# Possibly shipping in a new buck--need opinions!



## clementegal (May 23, 2013)

Ok so I'm trying to improve my herd drastically. So I figured the way to do that would be to bring in a REALLY nice buck. I finally found one at a farm called OldSouth Farm


----------



## COgoatLover25 (Dec 23, 2013)

Any pics? Bloodlines?


----------



## clementegal (May 23, 2013)

Anyway here he is-- http://www.oldesouth.citymax.com/catalog/item/3033880/5754520.htm he is the white one. Here is his dam-- http://www.oldesouth.citymax.com/articles/article/7539906/149743.htm and his sire-- http://www.oldesouth.citymax.com/nigerianbucks.html the very first pic.


----------



## clementegal (May 23, 2013)

So this guy has a B* & an S* and is line bred on his dam who is 
SGCH/ARMCH, 3*M AR, 4*D +DLT 
ADGA Elite Doe
2014 LA 89 VEVE 
2013 AGS Top 10 for Butter Fat
And here is her DHIR milk tests:


----------



## clementegal (May 23, 2013)

Here are different pics of him courtesy of Oldesouth Farm...


----------



## COgoatLover25 (Dec 23, 2013)

He himself looks good, very dairy. I'm not too crazy about his dam's tiny teats though. Any picture of sire's dam? Does he have any full sisters you can get pics of?


----------



## clementegal (May 23, 2013)

His sites dam is his dam -- he is line bred on her. If that makes sense...


----------



## COgoatLover25 (Dec 23, 2013)

If it were me...I would keep looking and/or put a reservation on a buckling for next year. Also, if you see a buck you like on a breeders website but he's not for sale, it's always worth it to contact the breeder and ask them that if they ever considered selling him if they would keep you in mind.
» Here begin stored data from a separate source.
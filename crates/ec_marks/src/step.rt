//! A step through a text that is prepared.

ghost use Rattle.std.specs.Prelude.{◌≡◌, ◌+◌, ◌<◌, ◌^◌, length};
ghost use Rattle.ec_marks.specs.Steps as rule;
ghost use Rattle.ec_marks.specs.Views.{place_view, step_view};

use crate::place::{Place, behind};

/// What is taken of a text, and where the byte behind it stands.
#[derive(Clone, Copy, Debug, PartialEq, Eq)]
pub(crate) enum Step {
    /// A mark, behind which nothing goes on.
    Mark,
    /// A byte as it stands.
    One(Place),
    /// A byte and this one behind it, as they stand.
    Two(u8, Place),
}

/// A byte in a quote.
fn quoted(quote: u8, byte: u8) -> Step
    ensures { step_view result ≡ rule.quoted_step quote byte }
{
    if byte == quote {
        return Step::One(Place::Between);
    }
    Step::One(Place::Quoted(quote))
}

/// A byte in a quote with backslashes: a backslash and a doubled quote take the next byte with them.
fn escaped(byte: u8, more: &[u8]) -> Step
    ensures { step_view result ≡ rule.escaped_step byte more.now }
{
    let [next, ..] = more else {
        return Step::One(Place::Escaped);
    };
    if byte == b'\\' || (byte == b'\'' && *next == b'\'') {
        return Step::Two(*next, Place::Escaped);
    }
    if byte == b'\'' {
        return Step::One(Place::Between);
    }
    Step::One(Place::Escaped)
}

/// A byte in a comment to the end of the line.
fn dashed(byte: u8) -> Step
    ensures { step_view result ≡ rule.dashed_step byte }
{
    if byte == b'\n' {
        return Step::One(Place::Between);
    }
    Step::One(Place::Dashed)
}

/// Behind a comment that lay in so many others.
fn outside(deep: u64) -> Place
    ensures { place_view result ≡ rule.outside deep }
{
    if deep == 0 {
        return Place::Between;
    }
    Place::Commented(deep - 1)
}

/// A byte in a comment.
fn commented(deep: u64, byte: u8, more: &[u8]) -> Step
    requires { deep + length more.now < 2 ^ 64 }
    ensures { step_view result ≡ rule.commented_step deep byte more.now }
{
    let [next, ..] = more else {
        return Step::One(Place::Commented(deep));
    };
    if byte == b'/' && *next == b'*' {
        return Step::Two(*next, Place::Commented(deep + 1));
    }
    if byte == b'*' && *next == b'/' {
        return Step::Two(*next, outside(deep));
    }
    Step::One(Place::Commented(deep))
}

/// A byte outside quotes and comments.
fn plain(place: Place, byte: u8, more: &[u8]) -> Step
    ensures { step_view result ≡ rule.plain_step (place_view place) byte more.now }
{
    if byte == b'?' {
        return Step::Mark;
    }
    let [next, ..] = more else {
        return Step::One(Place::Between);
    };
    if byte == b'/' && *next == b'*' {
        return Step::Two(*next, Place::Commented(0));
    }
    if byte == b'-' && *next == b'-' {
        return Step::Two(*next, Place::Dashed);
    }
    Step::One(behind(place, byte, *next))
}

/// The step from a byte, before these.
pub(crate) fn step_from(place: Place, byte: u8, more: &[u8]) -> Step
    requires { rule.depth (place_view place) + length more.now < 2 ^ 64 }
    ensures { step_view result ≡ rule.step (place_view place) byte more.now }
{
    match place {
        Place::Quoted(quote) => quoted(quote, byte),
        Place::Escaped => escaped(byte, more),
        Place::Dashed => dashed(byte),
        Place::Commented(deep) => commented(deep, byte, more),
        Place::Between | Place::BehindE | Place::InWord | Place::InNumber => {
            plain(place, byte, more)
        }
    }
}
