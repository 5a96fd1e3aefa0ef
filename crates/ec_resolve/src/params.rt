//! Parameters, which are objects of their function (ISO/IEC 9899:1999, 6.9.1, 9).
#![tactic(auto, unfolding(ec_resolving_defs::specs::Storage::chain, ec_resolving_defs::specs::Storage::pure, ec_resolving_defs::specs::Storage::checks, ec_resolving_defs::specs::Storage::ask, ec_resolving_defs::specs::Storage::stored, ec_resolving_defs::specs::Storage::arrange))]

ghost use Rattle.std.specs.Prelude.{map};
ghost use Rattle.ec_ctypes.specs.views.Units.{param_view};
ghost use Rattle.ec_resolve_forms.specs.Seen.{from, Reaches};
ghost use Rattle.ec_resolving_defs.specs.Programs as rule;
ghost use Rattle.ec_scopes.specs.Entries.{place_view, type_view};
ghost use Rattle.ec_resolve.specs.Params.{param_named, param_placed};
ghost use Rattle.ec_resolve_parts.specs.Types.{types_view};

use ec_base::{List, Name, OutOfMemory};
use ec_code::ObjectSize;
use ec_ctypes::{Param, Ty};
use ec_resolve_expressions::{base, lengths};
use ec_resolve_forms::Resolver;
use ec_resolve_parts::{declare_param, number_as, param_type, size_of_type};
use ec_rules::copy_type;
use ec_scopes::Place;

/// The name of a parameter stands for it from here on.
fn name_param(
    resolver: &mut Resolver,
    at: Place,
    is_defined: bool,
    name: &Option<Name>,
    ty: &Option<Ty>,
) -> Result<(), OutOfMemory>
    ensures { Reaches (λ u. u)
        (from (param_named (place_view at) is_defined name.now (type_view ty.now)) resolver.old)
        result resolver.new }
{
    let number = resolver.checker.next_number()?;
    let copy = copy_type(resolver.checker.alloc(), ty)?;
    declare_param(&mut resolver.checker, at, is_defined, name, number, copy)?;
    number_as(&mut resolver.checker, ty)?;
    Ok(())
}

/// A parameter is the next object of its function. There is no memory for one of a size that no object has, whose declaration
/// has a fault.
fn place_param(resolver: &mut Resolver, ty: &Option<Ty>) -> Result<(), OutOfMemory>
    ensures { Reaches (λ u. u) (from (param_placed (type_view ty.now)) resolver.old)
        result resolver.new }
{
    let site = resolver.storage.next_site(false)?;
    resolver.storage.add_site(site)?;
    let Some(size) = ObjectSize::new(size_of_type(&resolver.checker, ty)) else {
        // Out of reach, which isn't proved: a parameter without a fault has the size of an object.
        return Err(OutOfMemory);
    };
    resolver.storage.add_object(size)?;
    Ok(())
}

/// A parameter: its type, if it is known.
fn param(
    resolver: &mut Resolver,
    at: Place,
    is_defined: bool,
    p: &Param,
) -> Result<Option<Ty>, OutOfMemory>
    ensures { Reaches type_view
        (from (rule.param (place_view at) is_defined (param_view p.now)) resolver.old)
        result resolver.new }
{
    let b = base(resolver, at, &p.base)?;
    let sizes = lengths(resolver, at, p.dims.as_slice())?;
    let ty = param_type(&mut resolver.checker, at, b, p.stars, sizes.as_slice())?;
    name_param(resolver, at, is_defined, &p.name, &ty)?;
    place_param(resolver, &ty)?;
    Ok(ty)
}

/// The parameters of a function: their types, as far as they are known.
pub(crate) fn params(
    resolver: &mut Resolver,
    at: Place,
    is_defined: bool,
    ps: &[Param],
) -> Result<List<Option<Ty>>, OutOfMemory>
    ensures { Reaches types_view
        (from (rule.params (place_view at) is_defined (map param_view ps.now)) resolver.old)
        result resolver.new }
{
    let mut types = List::new(resolver.checker.alloc());
    for p in ps {
        let ty = param(resolver, at, is_defined, p)?;
        types.push(ty)?;
    }
    Ok(types)
}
If you're going to spend that much money I figure you might as well get something that you know you'll want years down the road.


----------



## Little-Bits-N-Pieces (Apr 7, 2013)

Not to bash hard or anything, but it's an instant no for me. Look at his front feet, he's rolled back onto his heels, very coarse blending throughout, steep rump, downhill topline, long pasturns, just a no for me. Keep looking


----------



## clementegal (May 23, 2013)

Little-Bits-N-Pieces said:


> Not to bash hard or anything, but it's an instant no for me. Look at his front feet, he's rolled back onto his heels, very coarse blending throughout, steep rump, downhill topline, long pasturns, just a no for me. Keep looking


I considered this however it looks like for this breeder the kids are kind of ugly ducklings and once they freshen they turn into swans. Plus with kids they are constantly going through awkward growth spurts. For his hooves maybe he needs a trim or he does actually have bad pasterns.


----------



## clementegal (May 23, 2013)

I'll look at some other goats and post them on here! Thank you for all the inputs so far keep them coming!


----------



## lottsagoats1 (Apr 12, 2014)

I am buying a fantastic, proven ND buck....udders to die for in his daughters, dam and sisters. Show quality, plus blue eyes....and am paying 1/2 what you are paying.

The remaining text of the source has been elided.